What is being asked: Read the entries below and pull out each line with the string "RDone".

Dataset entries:
===============

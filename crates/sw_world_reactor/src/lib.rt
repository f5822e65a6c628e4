//! The reactor as an actor of the world: its turn is its table's, and the law that it keeps. Nothing here is code: the
//! functions of `laws` name the theorems.
#![tactic(auto)]

mod laws;

pub use laws::{turns_keep_the_law, what_finished_reactors_show, what_reactors_show};
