//! Steps of links' scripts.
ghost use Rattle.std.specs.Prelude.{◌≡◌, ◌<◌, length, OnOk};
ghost use Rattle.sw_world_state.specs.Feeding.{KeepsLeft, Scripts, ScriptsBy};

use crate::state::State;
use sw_base::{OutOfMemory, Session};
use sw_link::LinkStep;
use sw_world_front::Front;

impl<H, T> State<H, T> {
    ghost use Rattle.std.specs.Prelude.{Some};

    /// A step is added to the script of the link of this number, if there is one: it goes to the link itself where a reactor has it, and
    /// else waits with the link.
    pub fn script(&mut self, link: u32, step: LinkStep) -> Result<(), OutOfMemory>
        requires slots { 0 < self.old.max_conn }
        requires reactors { 0 < length self.old.reactors }
        ensures { OnOk result (Scripts self.old link step self.new) }
    {
        match self.front.session_of(link) {
            None => self.front.keep(link, step),
            Some(session) => self.give(session, link, step),
        }
    }

    fn give(&mut self, session: Session, link: u32, step: LinkStep) -> Result<(), OutOfMemory>
        requires slots { 0 < self.old.max_conn }
        requires reactors { 0 < length self.old.reactors }
        ensures { OnOk result (ScriptsBy (Some session) self.old link step self.new) }
    {
        let n = (session.number() % self.max_conn) as usize % self.reactors.all().len();
        let left = self.reactors.add(n, session, step)?;
        keep_left(&mut self.front, link, left)
    }
}

fn keep_left(front: &mut Front, link: u32, left: Option<LinkStep>) -> Result<(), OutOfMemory>
    ensures { OnOk result (KeepsLeft link left front.old front.new) }
{
    match left {
        None => Ok(()),
        Some(step) => front.keep(link, step),
    }
}
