//! The core: all actors of a server over plain pipes, plain session words, a plain board, a plain Table and links in memory. A schedule
//! says which actor goes next and what comes from outside.
#![tactic(auto)]

mod feeding;
mod scripts;
mod state;
mod stepping;
mod turning;

pub use state::State;
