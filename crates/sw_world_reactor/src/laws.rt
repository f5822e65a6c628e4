//! What reactors keep. The functions do nothing: their clauses are the theorems.
ghost use Rattle.std.specs.Prelude.{◌≡◌, ℕ, ◌<◌, false, List, []};
ghost use Rattle.sw_step.specs.declared.actor.ActorId.{ActorId};
ghost use Rattle.sw_frame.specs.Cut.{IsFit};
ghost use Rattle.sw_record.specs.Terms.{Terms};
ghost use Rattle.sw_reactor_table.specs.Reactor.{Reactor as Table, kept};
ghost use Rattle.sw_world_ports.specs.Calls.{Did};
ghost use Rattle.sw_world_laws.specs.Turns.{Ask, Got, Diary, with_dids, After};
ghost use Rattle.sw_world_laws.specs.Shows.{Shows};
ghost use Rattle.sw_world_laws.specs.Done.{DoneShows};
ghost use Rattle.sw_world_laws.specs.Actors.{Feed};
ghost use Rattle.sw_world_reactor.specs.Reactors.{RTurn, RQuiet, RDone, told_by};

/// A turn keeps the reactor's law, whatever its ports and links answer, and whatever the pipe then answers.
pub fn turns_keep_the_law()
    ensures { (t : Terms) (y : ActorId) (s : Table) (got : Got) (feed : Feed) (dids : List Did) (u : Table) (ask : Ask)
        (d : Diary) → RTurn t y s got feed dids u ask → RQuiet t y s got d →
        After t (RQuiet t y) (RDone t y) u ask (with_dids d dids) }
{}

/// The law shows what the world asks of a reactor.
pub fn what_reactors_show()
    ensures { (t : Terms) → 0 < t.worker_num → IsFit t.framing → (y : ActorId) (s : Table) (got : Got) (d : Diary) →
        RQuiet t y s got d → Shows t y [] (kept t s) (told_by s) d }
{}

/// And once it is finished.
pub fn what_finished_reactors_show()
    ensures { (t : Terms) → 0 < t.worker_num → IsFit t.framing → t.start_fault ≡ false → (y : ActorId) (s : Table)
        (d : Diary) → RDone t y s d → DoneShows t y [] (kept t s) d }
{}
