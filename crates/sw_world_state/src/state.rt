//! The core's code at one moment.

use sw_port_board::PlainBoard;
use sw_port_book::PlainBook;
use sw_tmodel::Plain;
use sw_world_crew::Crew;
use sw_world_front::Front;
use sw_world_places::Places;
use sw_world_reactors::Reactors;

/// All actors with their places, what they share, the links, and how many descriptors there are.
#[derive(Drop)]
pub struct State<H, T> {
    pub front: Front,
    pub places: Places,
    pub book: PlainBook,
    pub board: PlainBoard,
    pub shelf: Plain,
    pub reactors: Reactors,
    pub crew: Crew<H, T>,
    pub max_conn: u32,
}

===============

Output of the exercise:
ghost use Rattle.sw_world_reactor.specs.Reactors.{RTurn, RQuiet, RDone, told_by};
        After t (RQuiet t y) (RDone t y) u ask (with_dids d dids) }
        (d : Diary) → RDone t y s d → DoneShows t y [] (kept t s) d }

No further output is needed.